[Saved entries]
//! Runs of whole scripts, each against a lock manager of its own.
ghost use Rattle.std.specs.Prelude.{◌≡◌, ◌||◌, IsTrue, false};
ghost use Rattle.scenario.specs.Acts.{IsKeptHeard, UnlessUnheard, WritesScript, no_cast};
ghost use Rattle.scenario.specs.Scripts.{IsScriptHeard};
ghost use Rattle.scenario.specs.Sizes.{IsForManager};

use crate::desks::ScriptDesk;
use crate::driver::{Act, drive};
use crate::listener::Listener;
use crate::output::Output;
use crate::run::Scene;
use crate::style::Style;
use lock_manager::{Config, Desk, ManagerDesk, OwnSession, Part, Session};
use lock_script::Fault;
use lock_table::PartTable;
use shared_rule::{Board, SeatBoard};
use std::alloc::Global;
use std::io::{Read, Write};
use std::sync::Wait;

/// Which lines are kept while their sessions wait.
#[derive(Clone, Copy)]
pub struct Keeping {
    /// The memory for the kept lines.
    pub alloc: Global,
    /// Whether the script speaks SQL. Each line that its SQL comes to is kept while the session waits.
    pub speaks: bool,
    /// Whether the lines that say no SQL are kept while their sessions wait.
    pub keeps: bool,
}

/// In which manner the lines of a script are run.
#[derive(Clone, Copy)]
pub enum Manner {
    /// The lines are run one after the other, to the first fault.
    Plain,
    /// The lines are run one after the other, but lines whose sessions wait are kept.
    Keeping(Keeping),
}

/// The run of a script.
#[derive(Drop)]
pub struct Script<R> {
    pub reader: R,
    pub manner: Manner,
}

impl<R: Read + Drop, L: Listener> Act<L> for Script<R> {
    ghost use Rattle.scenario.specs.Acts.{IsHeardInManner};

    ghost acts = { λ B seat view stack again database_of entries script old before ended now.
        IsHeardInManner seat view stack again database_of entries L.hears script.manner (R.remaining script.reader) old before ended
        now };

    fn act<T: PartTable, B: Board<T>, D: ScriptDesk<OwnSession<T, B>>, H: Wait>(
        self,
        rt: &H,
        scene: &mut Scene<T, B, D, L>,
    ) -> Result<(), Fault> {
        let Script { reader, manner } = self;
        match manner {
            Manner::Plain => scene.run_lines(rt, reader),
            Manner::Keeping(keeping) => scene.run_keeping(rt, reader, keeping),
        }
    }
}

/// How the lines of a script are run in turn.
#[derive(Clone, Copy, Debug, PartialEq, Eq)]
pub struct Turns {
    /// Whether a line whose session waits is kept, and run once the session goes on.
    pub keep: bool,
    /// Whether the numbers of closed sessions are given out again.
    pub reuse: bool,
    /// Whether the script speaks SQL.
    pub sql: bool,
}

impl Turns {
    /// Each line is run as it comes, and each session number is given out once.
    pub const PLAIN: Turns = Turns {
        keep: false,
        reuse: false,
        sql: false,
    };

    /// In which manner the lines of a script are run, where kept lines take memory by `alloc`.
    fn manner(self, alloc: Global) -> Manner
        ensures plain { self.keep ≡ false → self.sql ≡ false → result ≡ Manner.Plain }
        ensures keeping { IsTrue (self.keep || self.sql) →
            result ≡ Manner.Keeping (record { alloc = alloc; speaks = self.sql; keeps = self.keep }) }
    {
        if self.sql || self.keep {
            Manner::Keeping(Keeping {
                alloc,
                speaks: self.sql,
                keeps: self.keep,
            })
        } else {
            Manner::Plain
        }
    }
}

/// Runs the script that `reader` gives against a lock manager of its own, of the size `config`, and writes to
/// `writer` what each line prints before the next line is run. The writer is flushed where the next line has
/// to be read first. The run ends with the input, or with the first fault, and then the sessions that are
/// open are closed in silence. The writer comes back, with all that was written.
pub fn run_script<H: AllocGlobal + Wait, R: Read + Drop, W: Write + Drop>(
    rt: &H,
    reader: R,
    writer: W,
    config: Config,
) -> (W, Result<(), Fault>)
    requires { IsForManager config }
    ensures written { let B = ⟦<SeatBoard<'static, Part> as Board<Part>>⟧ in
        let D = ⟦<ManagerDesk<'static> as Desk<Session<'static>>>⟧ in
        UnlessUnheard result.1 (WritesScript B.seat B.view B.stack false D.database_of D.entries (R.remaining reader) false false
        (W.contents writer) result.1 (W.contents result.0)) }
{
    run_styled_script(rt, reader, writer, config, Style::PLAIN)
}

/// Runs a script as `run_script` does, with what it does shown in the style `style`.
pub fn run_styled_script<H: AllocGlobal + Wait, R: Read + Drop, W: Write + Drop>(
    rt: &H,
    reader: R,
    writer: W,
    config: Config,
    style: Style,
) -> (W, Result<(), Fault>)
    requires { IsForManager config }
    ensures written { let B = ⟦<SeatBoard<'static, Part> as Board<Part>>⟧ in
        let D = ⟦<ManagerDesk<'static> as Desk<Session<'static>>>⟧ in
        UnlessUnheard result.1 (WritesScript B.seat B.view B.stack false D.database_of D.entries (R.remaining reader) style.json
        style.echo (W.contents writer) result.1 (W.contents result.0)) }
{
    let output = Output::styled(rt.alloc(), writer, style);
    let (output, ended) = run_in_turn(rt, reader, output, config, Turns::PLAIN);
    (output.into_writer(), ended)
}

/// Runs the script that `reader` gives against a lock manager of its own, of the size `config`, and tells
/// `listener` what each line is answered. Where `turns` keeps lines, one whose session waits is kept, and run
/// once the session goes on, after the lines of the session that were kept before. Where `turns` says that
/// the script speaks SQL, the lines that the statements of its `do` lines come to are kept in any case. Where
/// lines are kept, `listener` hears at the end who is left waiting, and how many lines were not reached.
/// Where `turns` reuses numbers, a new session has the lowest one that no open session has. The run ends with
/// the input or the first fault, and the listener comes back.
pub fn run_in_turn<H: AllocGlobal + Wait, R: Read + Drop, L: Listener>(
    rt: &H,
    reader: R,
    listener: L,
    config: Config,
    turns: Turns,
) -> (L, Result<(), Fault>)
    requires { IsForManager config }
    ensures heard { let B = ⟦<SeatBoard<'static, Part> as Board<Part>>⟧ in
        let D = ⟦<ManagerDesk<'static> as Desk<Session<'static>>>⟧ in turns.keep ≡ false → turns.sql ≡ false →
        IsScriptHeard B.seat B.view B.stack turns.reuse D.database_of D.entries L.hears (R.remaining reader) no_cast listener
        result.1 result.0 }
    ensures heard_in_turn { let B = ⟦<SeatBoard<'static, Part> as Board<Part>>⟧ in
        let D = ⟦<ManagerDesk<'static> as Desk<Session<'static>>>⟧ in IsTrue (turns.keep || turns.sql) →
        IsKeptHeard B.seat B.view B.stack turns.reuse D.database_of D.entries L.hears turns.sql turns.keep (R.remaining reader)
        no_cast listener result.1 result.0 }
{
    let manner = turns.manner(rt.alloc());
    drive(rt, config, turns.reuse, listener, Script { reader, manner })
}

» Task statement
Return exactly what appears above, from the first line of the entries to the line with "use crate::run::Scene;", inclusive.

» Response for this exercise
//! Runs of whole scripts, each against a lock manager of its own.
ghost use Rattle.std.specs.Prelude.{◌≡◌, ◌||◌, IsTrue, false};
ghost use Rattle.scenario.specs.Acts.{IsKeptHeard, UnlessUnheard, WritesScript, no_cast};
ghost use Rattle.scenario.specs.Scripts.{IsScriptHeard};
ghost use Rattle.scenario.specs.Sizes.{IsForManager};

use crate::desks::ScriptDesk;
use crate::driver::{Act, drive};
use crate::listener::Listener;
use crate::output::Output;
use crate::run::Scene;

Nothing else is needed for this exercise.